If solicitors have been recommended by the developer and that has led to a substandard service, clearly the Law Society should look at that, but there have been several examples in British legal history of courts finding that contracts should never have been entered into because people signed up to unfair terms, because the advice was not sufficient, or because quite simply the contract should not operate in that way. I am thinking, for instance, of local authorities and interest swaps in the 1980s. Those contracts were rendered void. That needs to be considered. I am really distressed to hear that some pension funds may have entered into this as an asset class, particularly because I cannot believe that with their expertise they would not know what they were entering into. Anyone with any sense of political risk would understand that this issue might be something the Government would look at, no matter who was in charge.
It goes a stage further than that. There is a case going to appeal—the Stanley v. Mundy case—where the Wellcome Trust, which bought freeholds from the Henry Smith Charity, has managed to persuade a property tribunal that the rate at which people pay for extending leases should be much higher than at present. In fact, most of the evidence is that it should be lower. Governments should get involved in that and produce a chart that gives fair prices. If freeholders want to challenge that, they should guarantee to pay the costs of the leaseholders—not the other way round.
I absolutely agree. My distress is even greater after hearing about that situation; action like that will cause great distress across the country. As I say, I cannot believe that any organisation to whom leases have been sold on, these leaseholders, asset classes, or any pension fund that has got involved in investing in them, would not have made a reasonable assessment of the political risk involved. It is clearly unjust. I cannot imagine any colleague from any party standing up to defend the kind of constituency examples that have been shared in today’s debate.

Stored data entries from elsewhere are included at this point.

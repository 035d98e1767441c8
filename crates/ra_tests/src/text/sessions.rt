//! Texts that a session receives piece by piece, and reports of them.

use super::crossing::{Crossing, KINDS, made_of};
use super::{REPLIES, SETS, is_fault};
use ra_history_text::{CheckFault, Session};
use ra_labels::Kind;
use ra_monitor::Report;
use std::alloc::Global;
use std::process::Abort;

// 200,000 updates, two in a round.
const ROUNDS: u32 = 100_000;

// 10,000 updates, two in a round.
const ROUNDS_IN_PIECES: u32 = 5_000;

// Asserts that a session that is fed the text, this many bytes at a time, answers and reports as expected.
fn is_answered(
    rt: &impl Abort,
    alloc: Global,
    text: &[u8],
    length: usize,
    replies: &[u8],
    report: Report,
) {
    let mut session = Session::new(alloc);
    let mut answer = Vec::new(alloc);
    for piece in text.chunks(length.max(1)) {
        is_fault(rt, session.feed(piece, &mut answer).err(), None, length);
    }
    is_report(rt, session.finish(&mut answer), report, length);
    assert!(rt; answer.as_slice() == replies, "{length} bytes at a time");
}

fn is_report(rt: &impl Abort, ended: Result<Report, CheckFault>, wanted: Report, length: usize) {
    match ended {
        Ok(report) => assert_eq!(rt; report, wanted, "{length} bytes at a time"),
        Err(fault) => is_fault(rt, Some(fault), None, length),
    }
}

// The text is cut at each of its bytes.
#[test]
fn takes_pieces(rt: HostRuntime) {
    let report = Report {
        kind: Kind::OrSet,
        calls: 9,
        labels: 4,
        refused: 1,
        fault: None,
    };
    for length in 1..=SETS.len() {
        let text = SETS.as_bytes();
        is_answered(&rt, rt.alloc(), text, length, REPLIES.as_bytes(), report);
    }
}

#[test]
fn long_texts_are_fed_in_one_piece(rt: HostRuntime) {
    for kind in KINDS {
        let made = made_of(&rt, rt.alloc(), kind, ROUNDS);
        is_taken(&rt, rt.alloc(), &made, made.text().len());
    }
}

#[test]
fn texts_are_fed_in_pieces_of_each_length(rt: HostRuntime) {
    let made = made_of(&rt, rt.alloc(), Kind::OrSet, ROUNDS_IN_PIECES);
    for length in 1..=100 {
        is_taken(&rt, rt.alloc(), &made, length);
    }
}

fn is_taken(rt: &impl Abort, alloc: Global, made: &Crossing, length: usize) {
    is_answered(
        rt,
        alloc,
        made.text(),
        length,
        made.replies(),
        made.report(),
    );
}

The time is clearly ripe for action, and there is clearly a consensus for strong action. My only plea to the Minister would be this: for many constituents, this matter is urgent. It is blighting their lives and affecting their quality of life. It is clearly affecting the liquidity of the housing market, and whether people can make reasonable decisions about their households going forward. We need the action to be as swift as possible. Clearly, it is not straightforward and there are issues to resolve, but I cannot believe that anyone who has listened to today’s debate, or others that have taken place, would not agree that there is consensus for political action. Please, Minister—let us get on with that as soon as possible.